LORAKI: Autocalibrated Recurrent Neural Networks for Autoregressive MRI Reconstruction in k-Space

TL;DR

LORAKI introduces a novel autocalibrated recurrent neural network approach for MRI reconstruction in k-space, improving image quality and flexibility over existing methods like GRAPPA and RAKI.

Contribution

This work translates the linear AC-LORAKS method into a nonlinear deep learning RNN architecture called LORAKI, enabling improved reconstruction performance.

Findings

LORAKI outperforms GRAPPA, RAKI, and AC-LORAKS in reconstruction quality.

LORAKI is flexible with sampling patterns, including calibrationless scenarios.

LORAKI enhances image quality in undersampled brain MRI datasets.

Abstract

We propose and evaluate a new MRI reconstruction method named LORAKI that trains an autocalibrated scan-specific recurrent neural network (RNN) to recover missing k-space data. Methods like GRAPPA, SPIRiT, and AC-LORAKS assume that k-space data has shift-invariant autoregressive structure, and that the scan-specific autoregression relationships needed to recover missing samples can be learned from fully-sampled autocalibration (ACS) data.
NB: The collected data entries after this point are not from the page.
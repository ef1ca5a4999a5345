//! The limits as numbers: definitions cite them by name, and here stands what they are.

ghost use Rattle.std.specs.Prelude.{◌≡◌};
ghost use Rattle.profile.specs.declared.TheConstants.{MOST_TEXT_BYTES, MOST_OPEN, MOST_IN_A_ROW, MOST_CALLS, MOST_REPLACED};
ghost use Rattle.profile.specs.declared.TheConstants.{MOST_CELLS, MOST_PROCESSES, MOST_CHANNELS, MOST_CONSTANTS, MOST_FIELDS};
ghost use Rattle.profile.specs.declared.TheConstants.{MOST_MESSAGES, MOST_BITS, MOST_DSTEP_STATEMENTS, LINE_BYTES, BAD_LINES};

/// Each limit is this number.
pub fn the_limits_are_these()
    ensures bytes_of_a_text { MOST_TEXT_BYTES ≡ 1048576 }
    ensures open_at_once { MOST_OPEN ≡ 100 }
    ensures tokens_in_a_row { MOST_IN_A_ROW ≡ 1000 }
    ensures calls_within_one_another { MOST_CALLS ≡ 100 }
    ensures tokens_in_place_of_calls { MOST_REPLACED ≡ 200000 }
    ensures cells_of_an_owner { MOST_CELLS ≡ 1000000 }
    ensures processes { MOST_PROCESSES ≡ 255 }
    ensures channels { MOST_CHANNELS ≡ 255 }
    ensures names_of_mtype { MOST_CONSTANTS ≡ 255 }
    ensures fields_of_a_message { MOST_FIELDS ≡ 255 }
    ensures messages_of_a_channel { MOST_MESSAGES ≡ 65535 }
    ensures bits_of_an_unsigned { MOST_BITS ≡ 32 }
    ensures statements_of_a_d_step { MOST_DSTEP_STATEMENTS ≡ 10000 }
    ensures bytes_of_a_choice_line { LINE_BYTES ≡ 80 }
    ensures bad_lines_in_a_row { BAD_LINES ≡ 100 }
{}
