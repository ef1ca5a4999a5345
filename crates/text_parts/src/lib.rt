//! An open text, as an editor sees it, by its bytes and tokens alone: places by lines and columns, the parts that are folded, coloured and left out, and the
//! calls in which a place stands.
#![tactic(auto)]

mod bodies;
mod calls;
mod definitions;
mod folds;
mod going;
pub mod laws;
mod parts;
mod places;
mod rest;
mod written;

pub use calls::{PartialCall, call_around};
pub use definitions::{TextPart, definition, heading, parameters};
pub use folds::{Fold, folds_of};
pub use going::gone;
pub use parts::{Coloured, coded};
pub use places::{ColumnUnit, EditorPlace, offset_of, place_of, units};
pub use rest::rest_of;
Recently, the structure of the linear GRAPPA method has been translated into a nonlinear deep learning method named RAKI. RAKI uses ACS data to train an artificial neural network to interpolate missing k-space samples, and often outperforms GRAPPA. In this work, we apply a similar principle to translate the linear AC-LORAKS method (simultaneously incorporating support, phase, and parallel imaging constraints) into a nonlinear deep learning method named LORAKI. Since AC-LORAKS is iterative and convolutional, LORAKI takes the form of a convolutional RNN. This new architecture admits a wide range of sampling patterns, and even calibrationless patterns are possible if synthetic ACS data is generated. The performance of LORAKI was evaluated with retrospectively undersampled brain datasets, with comparisons against other related reconstruction methods. Results suggest that LORAKI can provide improved reconstruction compared to other scan-specific autocalibrated reconstruction methods like GRAPPA, RAKI, and AC-LORAKS. LORAKI offers a new deep-learning approach to MRI reconstruction based on RNNs in k-space, and enables improved image quality and enhanced sampling flexibility.